**TASK TO CARRY OUT**
Repeat the data exactly, with every line included.

Stored items from a collection:
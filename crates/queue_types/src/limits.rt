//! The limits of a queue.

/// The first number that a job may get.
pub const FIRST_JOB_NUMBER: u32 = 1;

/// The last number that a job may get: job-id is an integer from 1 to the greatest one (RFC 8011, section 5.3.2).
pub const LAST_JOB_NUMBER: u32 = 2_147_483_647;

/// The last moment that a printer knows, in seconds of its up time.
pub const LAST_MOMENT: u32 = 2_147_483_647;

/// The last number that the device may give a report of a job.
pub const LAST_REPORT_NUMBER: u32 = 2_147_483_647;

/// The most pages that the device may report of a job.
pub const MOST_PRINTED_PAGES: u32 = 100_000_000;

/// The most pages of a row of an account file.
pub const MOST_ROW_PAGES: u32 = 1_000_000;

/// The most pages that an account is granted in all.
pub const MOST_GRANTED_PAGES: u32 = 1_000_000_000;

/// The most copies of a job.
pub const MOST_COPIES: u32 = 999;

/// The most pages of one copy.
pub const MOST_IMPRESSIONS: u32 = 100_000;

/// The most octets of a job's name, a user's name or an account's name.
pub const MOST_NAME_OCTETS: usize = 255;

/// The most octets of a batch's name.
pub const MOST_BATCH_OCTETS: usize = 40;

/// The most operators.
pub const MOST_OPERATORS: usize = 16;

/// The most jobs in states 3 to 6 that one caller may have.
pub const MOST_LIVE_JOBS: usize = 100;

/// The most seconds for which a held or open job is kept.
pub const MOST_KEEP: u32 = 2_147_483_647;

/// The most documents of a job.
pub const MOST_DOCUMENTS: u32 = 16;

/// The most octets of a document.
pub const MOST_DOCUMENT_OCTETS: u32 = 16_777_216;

**WORKED SOLUTION**
filename crates/queue_types/src/limits.rt
//! The limits of a queue.

/// The first number that a job may get.
pub const FIRST_JOB_NUMBER: u32 = 1;

/// The last number that a job may get: job-id is an integer from 1 to the greatest one (RFC 8011, section 5.3.2).
pub const LAST_JOB_NUMBER: u32 = 2_147_483_647;

/// The last moment that a printer knows, in seconds of its up time.
pub const LAST_MOMENT: u32 = 2_147_483_647;

/// The last number that the device may give a report of a job.
pub const LAST_REPORT_NUMBER: u32 = 2_147_483_647;

/// The most pages that the device may report of a job.
pub const MOST_PRINTED_PAGES: u32 = 100_000_000;

/// The most pages of a row of an account file.
pub const MOST_ROW_PAGES: u32 = 1_000_000;

/// The most pages that an account is granted in all.
pub const MOST_GRANTED_PAGES: u32 = 1_000_000_000;

/// The most copies of a job.
pub const MOST_COPIES: u32 = 999;

/// The most pages of one copy.
pub const MOST_IMPRESSIONS: u32 = 100_000;

/// The most octets of a job's name, a user's name or an account's name.
pub const MOST_NAME_OCTETS: usize = 255;

/// The most octets of a batch's name.
pub const MOST_BATCH_OCTETS: usize = 40;

/// The most operators.
pub const MOST_OPERATORS: usize = 16;

/// The most jobs in states 3 to 6 that one caller may have.
pub const MOST_LIVE_JOBS: usize = 100;

/// The most seconds for which a held or open job is kept.
pub const MOST_KEEP: u32 = 2_147_483_647;

/// The most documents of a job.
pub const MOST_DOCUMENTS: u32 = 16;

/// The most octets of a document.
pub const MOST_DOCUMENT_OCTETS: u32 = 16_777_216;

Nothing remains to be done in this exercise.